Switching from mbox to maildir storage

This just deals with the changes to be made to dovcot and exim4 configs, rather than conversion of pre-existing emails. Why would you want to use maildir on a Debian system? I would not make this change on a production server, but it's useful to know for testing purposes.

For dovecot the change is very simple. Edit /etc/dovecot/config.d/10-mail.conf and restart dovecot:

## CHANGED ####################
#mail_location = mbox:~/mail:INBOX=/var/mail/%u
mail_location = maildir:/home/%u/Maildir

For exim4, in /etc/exim4/exim4.config.template the changes need to be made in the ### transport/30_exim4-config_mail_spool section which you should make to look like this:

### transport/30_exim4-config_mail_spool

# This transport is used for local delivery to user mailboxes in traditional
# BSD mailbox format.
#
mail_spool:
  debug_print = "T: appendfile for $local_part@$domain"
  driver = appendfile
  directory = ''home''${local_part}/Maildir
  #directory = $home/Maildir
  maildir_format
  maildir_use_size_file
 # file = /var/mail/$local_part_data
  delivery_date_add
  envelope_to_add
  return_path_add
  group = mail
  mode = 0660
  mode_fail_narrower = false
  
As usual for exim4 changes, this must be followed up with the usual
root@bulawayo: # update-exim4.conf
root@bulawayo: # /etc/init.d/exim4 restart

Gilding the lily

The acl/30_exim4-config_check_rcpt section in exim4.config.template includes a section of code that allows for annoying senders to be blocked. Create the /etc/exim4/local_sender_blacklist root owned and for example:-
!cain@mydomain.com
!eve@mydomain.com
!abel@mydomain.com
*@mydomain.com
spameri@tiscali.it 
*@wesenduspam.org 

The first 3 lines ensure that the real users at mydomain.com can send email, followed by a line that blocks the spammers attempted relaying trick of setting the sender header as a fake user on your domain. The last two lines demonstrate blocking a single address and a whole domain. Anything caught here is dropped without being checked by spamassassin.

Editing this files is an exception to the rule that exim4 must be restarted after any configuration changes.

Note the couple of assumption this section now makes - firstly that mbox format is used for mailboxes and secondly that the system uses /home/<user>/mail as the location of the mailboxes other than the inbox.

Mail is identified as spam with the suggestions made in this write up when a DNSBL has the ip address or spamassassin scores it at 3.5 or above; in both cases the subject line is altered to mark it as such. Because we do not want to lose false positives, if the score is below 7.5, it is still delivered and only if the score is 7.5 or above will it be rejected.

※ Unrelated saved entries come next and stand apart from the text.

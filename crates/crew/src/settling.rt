//! The end of the outputs: their threads are joined, and their shares come back.
ghost use Rattle.std.specs.Prelude.{◌≡◌, ◌+◌, ◌≤◌, [], map, vec_len, vec_capacity};
ghost use Rattle.frame_ledger.specs.Shares.{HasOnePart, HasPartsBut};
ghost use Rattle.output_ring.specs.Rings.{EndsFeeder};
ghost use Rattle.crew.specs.Closing.{LeavesRun, GainsOnePart};
ghost use Rattle.crew_steps.specs.Each.{Each};
ghost use Rattle.crew.specs.Rows.{first_of_run};

use crate::output::{OutputLeft, OutputRun};
use crew_steps::OutputEnd;
use frame_ledger::OutputShares;
use house::{Discarded, EndedRing, Ledgers, Written};
use output_ring::FeederEnd;
use std::sync::Wait;
use std::thread::Threads;

/// Joins the thread of an output, whose feeder has ended so.
fn join_output<L: Ledgers, R: Threads + Wait>(
    rt: &R,
    run: OutputRun<L>,
    end: FeederEnd,
) -> OutputLeft<L>
    requires { EndsFeeder run.first.value end }
    ensures { LeavesRun run result.ring }
{
    let OutputRun {
        handle,
        first: _first,
    } = run;
    let OutputEnd { drainer, shares } = handle.join(rt);
    OutputLeft {
        ring: EndedRing { end, drainer },
        shares,
    }
}

/// Puts the shares of an output to the others.
fn take_back<L: Ledgers>(
    all: &mut OutputShares<Written<L>, Discarded<L>>,
    one: OutputShares<Written<L>, Discarded<L>>,
)
    requires { HasOnePart one }
    ensures { GainsOnePart all.old all.new }
{
    let OutputShares { written, discarded } = one;
    all.written.merge(written);
    all.discarded.merge(discarded);
}

/// Joins the threads of all outputs. There is room for their rings.
pub(crate) fn join_outputs<L: Ledgers, R: Threads + Wait>(
    rt: &R,
    outputs: Vec<OutputRun<L>>,
    ends: Vec<FeederEnd>,
    shares: &mut OutputShares<Written<L>, Discarded<L>>,
    room: Vec<EndedRing>,
) -> Vec<EndedRing>
    requires ends { Each EndsFeeder (map first_of_run outputs.items) ends.items }
    requires parts { HasPartsBut (vec_len outputs) shares.old }
    requires room { (room.items ≡ []) × (vec_len outputs ≤ vec_capacity room) }
    ensures rings { Each LeavesRun outputs.items result.items }
    ensures parts { HasPartsBut 0 shares.new }
{
    let mut rings = room;
    let mut ends = ends.into_iter();
    for run in outputs {
        let Some(end) = ends.next() else {
            unreachable!()
        };
        let left = join_output(rt, run, end);
        take_back(shares, left.shares);
        rings.push_reserved(left.ring);
    }
    rings
}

I've never seen email that spamassassin scored between 3.5 and 7.5 that I wanted, so I like to have it delivered to a spam folder rather than my inbox. There must be a mailbox named spam for this to work - it can be created by any webmail or email client software. After that, an exim forward file - /home/<user>/.forward does the trick.

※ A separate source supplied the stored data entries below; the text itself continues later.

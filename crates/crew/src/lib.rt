//! The house's own threads: one that decodes songs, one for each output, and one that scans.
#![tactic(auto)]

mod ending;
mod output;
mod output_runs;
mod output_start;
mod outputs;
mod scanner;
mod settling;
mod start;

pub use ending::{close, let_go};
pub use output::OutputRun;
pub use output_runs::OutputRuns;
pub use outputs::start_outputs;
pub use scanner::{Scanner, second_now, start_scanner};
pub use start::{Crew, start_decoder};
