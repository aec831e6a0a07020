// What scripts say, for callers to rest on. Each law is a statement that the check has proved; there is nothing to run.
ghost use Rattle.htl_script.specs.Laws.{FunctionsDecideNoScript, WholeScriptsEnd};

/// A script says the same of tables, whatever functions they have.
pub fn functions_decide_no_script()
    ensures { FunctionsDecideNoScript }
{}

/// The events of a whole script are well formed, and the last one ends the run at the script's end.
pub fn whole_scripts_end()
    ensures { WholeScriptsEnd }
{}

# Exim filter <<< important first line, distinguishes from ye olde .forward
if $header_subject: contains "***SPAM" 
	then
	save "/home/<user>/mail/spam"
endif
It's an unfortunate fact of life that despite our best efforts some unwanted email will slip through as spammers continue to try new tricks. Spamassassin on debian includes the sa-learn program which users can make use of to teach spamassassin to reject similar mail in future.

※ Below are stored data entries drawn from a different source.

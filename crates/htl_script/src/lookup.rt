// What names in a script mean.
ghost use Rattle.std.specs.Prelude.{◌≡◌};
ghost use Rattle.htl_model.specs.Tables.{tables_of};
ghost use Rattle.htl_script.specs.Judging.{sensor_of, type_of, invocation_of, worst_of};
ghost use Rattle.htl_script.specs.Orders.{IsIndex};

use crate::index::Index;
use crate::naming::Named;
use htl_base::{Time, Ty};
use htl_model::{Parts, Tables};
use std::marker::Model;

/// Tables, and their names in order. Contracts see the tables.
#[derive(Drop)]
pub struct Names<'a> {
    tables: &'a Tables,
    index: &'a Index,
}

impl<'a> Model for Names<'a> {
    ghost use Rattle.htl_model.specs.Tables.{Tables as TablesOf};
    ghost use Rattle.htl_script.specs.Orders.{IsIndex};
    ghost use Rattle.htl_model.specs.contracts.tables.Tables as tables_row;

    ghost Value = { TablesOf };

    ghost coded = { tables_row.the_row.coded };

    ghost view = { λ n. n.tables.now };

    ghost invariant = { λ n. IsIndex n.tables.now n.index.now };
}

impl<'a> Names<'a> {
    /// Tables with their own index.
    pub fn new(tables: &'a Tables, index: &'a Index) -> Names<'a>
        requires { IsIndex tables.now index.now }
        ensures { result ≡ tables.now }
    {
        Names { tables, index }
    }

    /// The number of the sensor with this name.
    pub fn sensor(&self, name: &[u8]) -> Option<u16>
        ensures { result ≡ sensor_of self.now name.now }
    {
        self.index.sensors.find(self.tables, Named::Sensor, name)
    }

    /// The number of the concrete invocation with this name, MODULE.MODE.TASK.
    pub fn invocation(&self, name: &[u8]) -> Option<u16>
        ensures { result ≡ invocation_of self.now name.now }
    {
        self.index
            .invocations
            .find(self.tables, Named::Invocation, name)
    }

    /// The worst case of an invocation's task, in ticks.
    pub fn worst(&self, inv: u16) -> Time
        ensures { result ≡ worst_of self.now inv }
    {
        worst_in(self.tables.parts(), inv)
    }

    /// The type of a communicator.
    pub fn type_of(&self, comm: u16) -> Option<Ty>
        ensures { result ≡ type_of self.now comm }
    {
        type_in(self.tables.parts(), comm)
    }
}

// The worst case of an invocation's task, in ticks.
fn worst_in(parts: &Parts, inv: u16) -> Time
    ensures { result ≡ worst_of (tables_of parts.now) inv }
{
    let Some(inv) = parts.invs.as_slice().get(inv as usize) else {
        return 0;
    };
    match parts.tasks.as_slice().get(inv.task as usize) {
        Some(task) => task.worst as u64,
        None => 0,
    }
}

// The type of a communicator.
fn type_in(parts: &Parts, comm: u16) -> Option<Ty>
    ensures { result ≡ type_of (tables_of parts.now) comm }
{
    parts.comms.as_slice().get(comm as usize).map(|c| c.ty)
}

The user must have a suitably named mailbox such as junk into which any spam that sneaks through below the 4.0 barrier can be moved from the inbox. The user also needs to create a cron job using the crontab -e command. In the following example the command will run the sa-learn program via cronic at 3:00am every night. The cronic program is used to avoid receiving email (cram or cron spam!!) that only confirms that everything worked fine:-

0 3 * * * cronic sa-learn --mbox --spam /home/<user>/mail/junk

Rather than rely on the user to do this final set up work it can all be automated after you create the system account using this shell script. You just then need to tell the user to leave any spam they receive in the junk folder for a day or two before deleting it.